__What to work on__: Once the line containing "the other door." is found in the entries below, reproduce it and every line after it, stopping at and including the line containing "pub(crate) fn read(&mut"; reproduce nothing else, and keep each line exact.

********************

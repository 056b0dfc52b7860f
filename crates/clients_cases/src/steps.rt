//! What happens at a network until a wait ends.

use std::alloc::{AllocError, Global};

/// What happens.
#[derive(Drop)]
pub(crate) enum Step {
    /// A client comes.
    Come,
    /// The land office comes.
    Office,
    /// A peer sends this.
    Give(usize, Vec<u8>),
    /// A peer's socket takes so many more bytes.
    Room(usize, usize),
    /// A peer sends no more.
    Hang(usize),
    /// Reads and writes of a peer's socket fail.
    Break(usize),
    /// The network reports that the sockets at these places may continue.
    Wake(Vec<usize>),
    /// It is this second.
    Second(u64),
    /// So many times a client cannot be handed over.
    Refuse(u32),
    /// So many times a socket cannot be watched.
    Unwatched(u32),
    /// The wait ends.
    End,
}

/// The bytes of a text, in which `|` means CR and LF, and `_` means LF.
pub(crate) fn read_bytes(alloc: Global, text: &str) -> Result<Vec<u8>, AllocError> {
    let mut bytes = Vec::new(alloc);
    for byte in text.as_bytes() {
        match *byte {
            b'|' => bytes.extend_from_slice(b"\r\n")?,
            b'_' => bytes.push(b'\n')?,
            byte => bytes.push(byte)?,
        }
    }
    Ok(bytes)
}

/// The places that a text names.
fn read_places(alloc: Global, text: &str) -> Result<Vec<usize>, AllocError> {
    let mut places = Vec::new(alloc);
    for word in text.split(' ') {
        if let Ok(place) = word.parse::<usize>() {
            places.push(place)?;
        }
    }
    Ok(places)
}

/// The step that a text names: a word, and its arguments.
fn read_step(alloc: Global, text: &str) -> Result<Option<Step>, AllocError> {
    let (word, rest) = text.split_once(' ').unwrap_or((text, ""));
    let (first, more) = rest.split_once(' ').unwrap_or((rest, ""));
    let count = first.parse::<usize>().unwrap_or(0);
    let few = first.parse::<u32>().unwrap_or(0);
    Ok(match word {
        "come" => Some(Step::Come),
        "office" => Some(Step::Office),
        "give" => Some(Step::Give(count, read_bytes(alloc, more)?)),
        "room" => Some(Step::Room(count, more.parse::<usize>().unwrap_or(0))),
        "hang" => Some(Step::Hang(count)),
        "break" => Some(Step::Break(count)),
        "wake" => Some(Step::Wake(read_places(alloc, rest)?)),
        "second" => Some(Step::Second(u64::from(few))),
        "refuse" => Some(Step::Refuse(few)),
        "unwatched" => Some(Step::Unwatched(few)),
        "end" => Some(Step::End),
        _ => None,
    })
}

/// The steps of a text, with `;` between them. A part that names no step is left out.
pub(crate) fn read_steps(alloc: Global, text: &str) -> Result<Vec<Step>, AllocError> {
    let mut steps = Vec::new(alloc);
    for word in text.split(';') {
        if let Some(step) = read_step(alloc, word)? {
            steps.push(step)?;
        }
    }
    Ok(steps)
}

********************

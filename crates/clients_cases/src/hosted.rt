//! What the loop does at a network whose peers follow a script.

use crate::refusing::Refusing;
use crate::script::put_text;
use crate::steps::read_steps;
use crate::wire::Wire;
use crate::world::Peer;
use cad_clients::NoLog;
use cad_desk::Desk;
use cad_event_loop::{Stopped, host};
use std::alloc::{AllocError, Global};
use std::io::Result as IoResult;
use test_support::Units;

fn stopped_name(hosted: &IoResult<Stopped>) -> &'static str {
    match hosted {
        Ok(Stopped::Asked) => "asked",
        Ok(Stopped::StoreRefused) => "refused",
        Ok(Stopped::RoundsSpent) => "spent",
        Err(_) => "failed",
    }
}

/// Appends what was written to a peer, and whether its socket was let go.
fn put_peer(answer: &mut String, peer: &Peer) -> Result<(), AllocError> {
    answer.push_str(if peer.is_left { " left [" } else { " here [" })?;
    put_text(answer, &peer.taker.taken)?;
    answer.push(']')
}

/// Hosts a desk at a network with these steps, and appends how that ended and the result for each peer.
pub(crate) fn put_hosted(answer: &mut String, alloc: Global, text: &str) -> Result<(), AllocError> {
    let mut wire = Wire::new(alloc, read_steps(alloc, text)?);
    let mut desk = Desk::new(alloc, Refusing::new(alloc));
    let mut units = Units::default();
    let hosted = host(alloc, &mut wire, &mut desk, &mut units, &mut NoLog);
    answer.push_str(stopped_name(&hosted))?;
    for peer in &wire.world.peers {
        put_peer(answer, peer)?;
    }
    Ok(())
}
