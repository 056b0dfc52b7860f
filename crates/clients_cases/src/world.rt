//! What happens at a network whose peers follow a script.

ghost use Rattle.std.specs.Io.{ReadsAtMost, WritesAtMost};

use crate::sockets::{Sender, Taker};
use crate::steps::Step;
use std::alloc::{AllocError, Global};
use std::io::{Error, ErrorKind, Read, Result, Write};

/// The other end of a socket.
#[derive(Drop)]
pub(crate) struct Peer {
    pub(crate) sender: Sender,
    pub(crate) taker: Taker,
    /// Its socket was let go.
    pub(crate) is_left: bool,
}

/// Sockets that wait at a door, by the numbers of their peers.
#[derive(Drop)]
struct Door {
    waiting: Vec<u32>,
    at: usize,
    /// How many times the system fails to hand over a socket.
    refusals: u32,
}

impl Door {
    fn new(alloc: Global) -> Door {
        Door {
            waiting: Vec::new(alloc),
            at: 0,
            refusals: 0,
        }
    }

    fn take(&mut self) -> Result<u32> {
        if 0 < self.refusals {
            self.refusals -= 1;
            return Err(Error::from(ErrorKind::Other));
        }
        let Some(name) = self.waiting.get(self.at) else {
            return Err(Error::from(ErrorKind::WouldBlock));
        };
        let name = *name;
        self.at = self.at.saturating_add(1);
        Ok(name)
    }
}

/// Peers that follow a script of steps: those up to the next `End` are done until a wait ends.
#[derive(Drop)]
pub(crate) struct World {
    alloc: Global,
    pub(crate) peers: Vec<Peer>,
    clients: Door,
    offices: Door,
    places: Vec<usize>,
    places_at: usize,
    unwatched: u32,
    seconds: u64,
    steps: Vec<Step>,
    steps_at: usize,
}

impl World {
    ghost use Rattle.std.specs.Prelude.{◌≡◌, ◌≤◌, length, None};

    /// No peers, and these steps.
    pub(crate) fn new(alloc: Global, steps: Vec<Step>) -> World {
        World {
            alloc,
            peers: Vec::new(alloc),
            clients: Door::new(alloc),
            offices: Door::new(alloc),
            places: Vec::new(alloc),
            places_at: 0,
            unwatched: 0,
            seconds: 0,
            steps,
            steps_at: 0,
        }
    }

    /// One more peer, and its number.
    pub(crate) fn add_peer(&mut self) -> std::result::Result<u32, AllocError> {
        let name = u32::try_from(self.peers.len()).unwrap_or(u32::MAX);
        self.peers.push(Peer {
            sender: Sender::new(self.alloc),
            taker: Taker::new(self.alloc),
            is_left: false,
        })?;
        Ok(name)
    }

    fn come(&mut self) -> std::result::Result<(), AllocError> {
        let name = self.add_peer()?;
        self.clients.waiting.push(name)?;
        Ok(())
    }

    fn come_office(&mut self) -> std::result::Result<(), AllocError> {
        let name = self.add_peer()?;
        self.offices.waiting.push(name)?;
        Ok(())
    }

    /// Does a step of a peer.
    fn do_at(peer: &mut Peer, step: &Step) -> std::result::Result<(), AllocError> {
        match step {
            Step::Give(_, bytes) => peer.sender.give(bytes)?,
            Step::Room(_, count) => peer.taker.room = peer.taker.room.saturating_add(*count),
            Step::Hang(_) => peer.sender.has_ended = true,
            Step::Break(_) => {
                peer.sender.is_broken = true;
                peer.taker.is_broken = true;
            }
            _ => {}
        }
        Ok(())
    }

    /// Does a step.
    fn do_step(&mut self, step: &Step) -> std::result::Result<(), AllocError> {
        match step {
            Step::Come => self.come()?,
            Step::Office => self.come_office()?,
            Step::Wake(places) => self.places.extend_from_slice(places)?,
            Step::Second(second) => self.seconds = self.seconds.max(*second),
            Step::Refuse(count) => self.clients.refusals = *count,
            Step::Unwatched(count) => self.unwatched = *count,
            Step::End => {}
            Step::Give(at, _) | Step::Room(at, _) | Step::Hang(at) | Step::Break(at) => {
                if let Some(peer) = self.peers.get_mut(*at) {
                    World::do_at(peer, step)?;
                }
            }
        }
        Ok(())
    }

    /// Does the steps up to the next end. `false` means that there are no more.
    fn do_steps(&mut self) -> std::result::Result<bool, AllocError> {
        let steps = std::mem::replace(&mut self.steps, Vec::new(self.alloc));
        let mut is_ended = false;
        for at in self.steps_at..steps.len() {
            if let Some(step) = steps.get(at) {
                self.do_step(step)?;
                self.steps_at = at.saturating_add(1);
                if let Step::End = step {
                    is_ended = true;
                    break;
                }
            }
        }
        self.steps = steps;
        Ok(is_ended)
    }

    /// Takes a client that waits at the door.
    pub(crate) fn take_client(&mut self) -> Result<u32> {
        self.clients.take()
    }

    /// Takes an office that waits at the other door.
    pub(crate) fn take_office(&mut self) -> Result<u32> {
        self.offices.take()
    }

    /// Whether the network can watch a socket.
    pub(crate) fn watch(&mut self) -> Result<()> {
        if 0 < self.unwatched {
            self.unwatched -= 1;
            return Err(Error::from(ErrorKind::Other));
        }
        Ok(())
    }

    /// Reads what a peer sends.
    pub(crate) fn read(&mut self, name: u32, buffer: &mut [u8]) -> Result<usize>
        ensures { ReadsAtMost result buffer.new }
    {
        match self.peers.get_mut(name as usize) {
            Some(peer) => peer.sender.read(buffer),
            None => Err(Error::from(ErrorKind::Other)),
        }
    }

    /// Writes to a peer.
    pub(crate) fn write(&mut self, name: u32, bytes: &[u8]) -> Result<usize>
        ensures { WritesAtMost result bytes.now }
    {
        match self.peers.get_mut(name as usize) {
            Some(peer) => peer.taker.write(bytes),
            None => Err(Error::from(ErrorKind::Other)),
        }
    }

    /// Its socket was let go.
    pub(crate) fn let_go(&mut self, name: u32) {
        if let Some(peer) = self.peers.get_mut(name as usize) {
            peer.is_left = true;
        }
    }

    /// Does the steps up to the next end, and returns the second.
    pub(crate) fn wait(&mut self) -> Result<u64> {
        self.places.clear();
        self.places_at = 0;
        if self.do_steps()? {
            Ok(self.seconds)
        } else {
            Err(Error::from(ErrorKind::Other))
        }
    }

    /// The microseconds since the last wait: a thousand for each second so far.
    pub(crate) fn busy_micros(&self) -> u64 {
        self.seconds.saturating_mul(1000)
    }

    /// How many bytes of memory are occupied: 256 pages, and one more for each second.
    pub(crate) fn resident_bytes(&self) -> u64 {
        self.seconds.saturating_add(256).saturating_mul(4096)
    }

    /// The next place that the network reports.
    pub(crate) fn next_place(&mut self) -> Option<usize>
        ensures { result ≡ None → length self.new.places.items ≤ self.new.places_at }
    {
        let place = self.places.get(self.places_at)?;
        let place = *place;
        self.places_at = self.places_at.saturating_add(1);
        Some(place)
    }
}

********************

__Output below__:
    /// Takes an office that waits at the other door.
    pub(crate) fn take_office(&mut self) -> Result<u32> {
        self.offices.take()
    }

    /// Whether the network can watch a socket.
    pub(crate) fn watch(&mut self) -> Result<()> {
        if 0 < self.unwatched {
            self.unwatched -= 1;
            return Err(Error::from(ErrorKind::Other));
        }
        Ok(())
    }

    /// Reads what a peer sends.
    pub(crate) fn read(&mut self, name: u32, buffer: &mut [u8]) -> Result<usize>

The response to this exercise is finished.